[[ EXERCISE DATA open ]]

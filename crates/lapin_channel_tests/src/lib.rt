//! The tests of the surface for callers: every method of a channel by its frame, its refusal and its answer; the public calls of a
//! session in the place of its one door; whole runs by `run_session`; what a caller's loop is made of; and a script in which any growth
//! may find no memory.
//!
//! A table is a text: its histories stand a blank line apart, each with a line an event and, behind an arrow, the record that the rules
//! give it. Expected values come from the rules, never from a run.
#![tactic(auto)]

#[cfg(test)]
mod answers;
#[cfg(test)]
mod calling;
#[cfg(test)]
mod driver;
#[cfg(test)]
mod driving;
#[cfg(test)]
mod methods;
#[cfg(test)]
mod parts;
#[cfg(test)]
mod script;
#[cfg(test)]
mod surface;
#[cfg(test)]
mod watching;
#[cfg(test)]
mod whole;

[[ EXERCISE DATA closed ]]
[[ EXERCISE DATA open ]]

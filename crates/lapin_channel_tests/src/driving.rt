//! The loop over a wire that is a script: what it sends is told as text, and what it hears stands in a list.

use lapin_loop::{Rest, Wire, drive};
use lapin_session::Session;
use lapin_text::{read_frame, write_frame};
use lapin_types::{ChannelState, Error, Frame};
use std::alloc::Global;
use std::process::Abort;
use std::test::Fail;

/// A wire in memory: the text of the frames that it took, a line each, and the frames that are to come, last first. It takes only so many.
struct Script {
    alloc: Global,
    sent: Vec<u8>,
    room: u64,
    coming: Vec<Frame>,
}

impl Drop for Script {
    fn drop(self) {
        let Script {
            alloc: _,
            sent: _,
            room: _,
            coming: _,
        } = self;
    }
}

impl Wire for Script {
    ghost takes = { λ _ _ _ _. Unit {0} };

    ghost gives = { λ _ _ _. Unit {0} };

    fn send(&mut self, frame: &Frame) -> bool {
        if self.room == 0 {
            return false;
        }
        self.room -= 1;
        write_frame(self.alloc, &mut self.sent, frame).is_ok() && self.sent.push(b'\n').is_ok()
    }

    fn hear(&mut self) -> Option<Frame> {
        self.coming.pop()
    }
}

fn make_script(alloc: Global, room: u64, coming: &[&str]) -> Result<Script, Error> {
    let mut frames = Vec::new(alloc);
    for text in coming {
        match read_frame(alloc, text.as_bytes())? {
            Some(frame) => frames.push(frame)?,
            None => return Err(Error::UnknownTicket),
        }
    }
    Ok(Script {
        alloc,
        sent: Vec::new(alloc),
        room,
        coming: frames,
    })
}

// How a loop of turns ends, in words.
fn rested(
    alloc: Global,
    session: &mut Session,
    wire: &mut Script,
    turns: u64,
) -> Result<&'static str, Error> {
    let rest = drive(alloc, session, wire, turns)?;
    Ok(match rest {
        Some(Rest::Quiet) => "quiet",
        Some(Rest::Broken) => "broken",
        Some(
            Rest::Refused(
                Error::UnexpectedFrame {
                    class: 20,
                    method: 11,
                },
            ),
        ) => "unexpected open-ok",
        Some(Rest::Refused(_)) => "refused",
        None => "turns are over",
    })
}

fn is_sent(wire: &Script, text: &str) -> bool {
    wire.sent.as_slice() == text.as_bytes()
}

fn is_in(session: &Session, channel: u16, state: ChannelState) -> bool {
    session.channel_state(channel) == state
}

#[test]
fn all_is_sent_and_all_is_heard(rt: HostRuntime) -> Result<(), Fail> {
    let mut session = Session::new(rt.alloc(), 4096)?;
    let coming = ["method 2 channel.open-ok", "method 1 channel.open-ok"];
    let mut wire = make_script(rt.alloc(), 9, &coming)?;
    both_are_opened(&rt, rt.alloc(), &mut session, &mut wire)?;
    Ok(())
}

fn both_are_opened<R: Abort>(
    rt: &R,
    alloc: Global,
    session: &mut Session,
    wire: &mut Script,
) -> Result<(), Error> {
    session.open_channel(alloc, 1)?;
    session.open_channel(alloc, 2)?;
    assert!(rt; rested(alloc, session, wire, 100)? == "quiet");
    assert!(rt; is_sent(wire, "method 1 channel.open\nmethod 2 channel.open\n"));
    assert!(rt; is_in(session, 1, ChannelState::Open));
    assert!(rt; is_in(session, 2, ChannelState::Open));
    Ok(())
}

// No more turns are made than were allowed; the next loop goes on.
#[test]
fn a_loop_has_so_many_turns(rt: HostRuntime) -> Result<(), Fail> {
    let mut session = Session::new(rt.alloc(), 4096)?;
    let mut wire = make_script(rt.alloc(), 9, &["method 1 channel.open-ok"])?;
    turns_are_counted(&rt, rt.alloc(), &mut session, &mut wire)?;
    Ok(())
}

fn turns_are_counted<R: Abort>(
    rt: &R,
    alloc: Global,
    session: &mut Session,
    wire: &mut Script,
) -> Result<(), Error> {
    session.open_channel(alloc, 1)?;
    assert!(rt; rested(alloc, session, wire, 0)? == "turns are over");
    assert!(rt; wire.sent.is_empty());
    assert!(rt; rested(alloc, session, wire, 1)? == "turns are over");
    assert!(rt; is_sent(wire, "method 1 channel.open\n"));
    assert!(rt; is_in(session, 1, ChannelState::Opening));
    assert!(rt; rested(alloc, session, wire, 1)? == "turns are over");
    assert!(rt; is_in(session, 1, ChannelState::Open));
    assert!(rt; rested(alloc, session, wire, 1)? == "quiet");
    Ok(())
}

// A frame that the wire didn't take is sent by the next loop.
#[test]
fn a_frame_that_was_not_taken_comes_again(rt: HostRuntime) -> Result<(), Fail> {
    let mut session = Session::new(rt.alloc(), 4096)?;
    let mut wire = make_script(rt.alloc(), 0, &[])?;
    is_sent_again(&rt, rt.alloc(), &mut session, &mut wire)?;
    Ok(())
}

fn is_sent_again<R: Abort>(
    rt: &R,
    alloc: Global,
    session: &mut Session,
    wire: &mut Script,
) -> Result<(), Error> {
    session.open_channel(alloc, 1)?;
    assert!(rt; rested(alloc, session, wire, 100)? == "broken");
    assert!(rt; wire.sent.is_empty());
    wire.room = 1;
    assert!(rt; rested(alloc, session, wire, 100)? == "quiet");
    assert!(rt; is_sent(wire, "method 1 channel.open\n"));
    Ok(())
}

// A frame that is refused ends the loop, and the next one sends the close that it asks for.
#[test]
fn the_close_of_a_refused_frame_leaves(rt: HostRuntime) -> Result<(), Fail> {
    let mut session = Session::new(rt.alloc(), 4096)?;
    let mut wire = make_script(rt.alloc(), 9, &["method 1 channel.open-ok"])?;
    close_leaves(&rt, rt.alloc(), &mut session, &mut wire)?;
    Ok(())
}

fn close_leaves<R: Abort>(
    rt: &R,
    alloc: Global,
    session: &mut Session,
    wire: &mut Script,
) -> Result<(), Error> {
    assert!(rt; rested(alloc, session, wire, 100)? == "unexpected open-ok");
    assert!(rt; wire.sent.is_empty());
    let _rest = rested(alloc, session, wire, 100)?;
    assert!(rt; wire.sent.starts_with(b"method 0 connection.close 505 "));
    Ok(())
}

[[ EXERCISE DATA closed ]]

PROBLEM STATEMENT: Provide the count of lines in the entries above that hold the word "bool", and leave out everything else.

FINISHED TASK: 3